似た者同士
フレデリカは、生まれて初めて悔し涙を流した。
その涙は敗けたからじゃない。最後まで戦って敗けたのなら、きっともっと清々しい気持ちになれただろう。
シャルロッタと走っている時間は、最高の歓びの時だった。
しかしそれは、一瞬の夢のように呆気なく終わってしまった。
突然のパワーダウン。
マシンのせいには出来ない。あの走りでゴールまで辿り着けないのはわかっていた。たとえエンジンがもったとしても、タイヤももうボロボロだ。
自分が敗けたのは間違いない。それは納得出来る。
やるせないのは敗けたことじゃない。もっと長く走っていたかった。
6,000回転以上吹け上がらなくなったマシンで、トップグループから置き去りにされてもコースを走り続けた。
下位グループのライダーたちにも次々に抜かれ、最下位になってもマシンを停めなかった。
青旗が示された(後続の速い車両が接近しているので進路をゆずりなさいの指示)時、遂にマシンも力尽きた。まるでバイクが、彼女たちには周回遅れになった姿を見られたくないと言っているようだった。
フレデリカはセーフティーゾーンにバイクを停めた。
観客の鳴らすホーンと歓声が、波のように押し寄せて来る。
つい数分前まで自分が先頭を走っていたトップグループが、目の前を通過する。
誰も自分には目もくれない。
自分がいなくなっても、レースは続いている。
彼女たちが走り去ったあとの静寂は、フレデリカの気のせいだけではない。
レースをしている者も観客も、レースから弾かれたライダーにいつまでも構っていられない。興味があるのは、誰が最初にゴールにとびこむかだけだ。
「次はゴールまで行こうね」
フレデリカはやさしく愛機に語りかけた。
フレデリカ脱落後、レースは、シャルロッタと愛華が先頭を引っ張っていたが、序盤からフレデリカとハイスピードバトルを繰り広げたシャルロッタは、終了間際にペースがガクンと落ち、愛華の懸命なサポートの甲斐なく、ラニーニとナオミにかわされてしまった。

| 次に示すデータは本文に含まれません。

ghost use Rattle.std.specs.Prelude.{◌≡◌};
ghost use Rattle.reshard_planner.specs.declared.planner_fault.PlannerFault.TheVariants.{Memory};

use key_slots::Slot;
use std::alloc::AllocError;
use std::fmt;
use thiserror::Error;

/// Why there is no plan. The first that applies is reported, and out of memory last.
#[derive(Clone, Copy, Debug, PartialEq, Eq, Error)]
pub enum PlannerFault {
    /// No source is named.
    NoSource,
    /// The sources together do not hold so many slots.
    TooMany,
    /// The target is one of the sources.
    TargetIsSource,
    /// The weights of the nodes that take part sum to 0.
    NoWeight,
    /// Out of memory.
    Memory,
    /// The marks and owners of the slot are those of no phase: it can't be told how its move continues. It is the
    /// lowest such slot.
    StrangeMarks(Slot),
    /// No target is named, or no node is left that could be one.
    NoTarget,
}

/// The number and the name, as `1 NoSource` or `6 StrangeMarks slot 3300`.
impl fmt::Display for PlannerFault {
    ghost use Rattle.std.specs.Prelude.{Some};
    ghost use Rattle.reshard_planner.specs.Faults.{planner_fault_text};

    ghost output = { λ f. Some (planner_fault_text f) };

    fn fmt<W: fmt::Write>(&self, f: &mut fmt::Formatter<W>) -> fmt::Result {
        match self {
            Self::NoSource => write!(f, "1 NoSource"),
            Self::TooMany => write!(f, "2 TooMany"),
            Self::TargetIsSource => write!(f, "3 TargetIsSource"),
            Self::NoWeight => write!(f, "4 NoWeight"),
            Self::Memory => write!(f, "5 Memory"),
            Self::StrangeMarks(slot) => {
                let slot = slot.get();
                write!(f, "6 StrangeMarks slot {slot}")
            }
            Self::NoTarget => write!(f, "7 NoTarget"),
        }
    }
}

impl From<AllocError> for PlannerFault {
    ghost from_gives = { λ _ e. e ≡ Memory };

    fn from(_error: AllocError) -> Self {
        Self::Memory
    }
}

ハンナとリンダを抑えられたのは、愛華には彼女たちがあまり本気でアタックして来なかったからのような気がした。エレーナとスターシアも見守っていただけだ。
バトルに参加しなかったアシストが、疲れ弱ったエースをゴール目前でとどめを刺すような勝ち方は、彼女たちのレース美学に反するのかも知れない。そういう誇り高い女性たちだ。
レース後、フレデリカの足はストロベリーナイツのパドックエリアの方へ向かっていた。別に用がある訳ではなかった。ただ彼女たちが気になった。
ストロベリーナイツのテント近くに着いた時、ちょうどシャルロッタと愛華が表彰式から戻って来る姿が目に入った。
フレデリカは咄嗟にヘルメットを小脇に抱えたエレーナの等身大パネルの陰に、その長身を隠した。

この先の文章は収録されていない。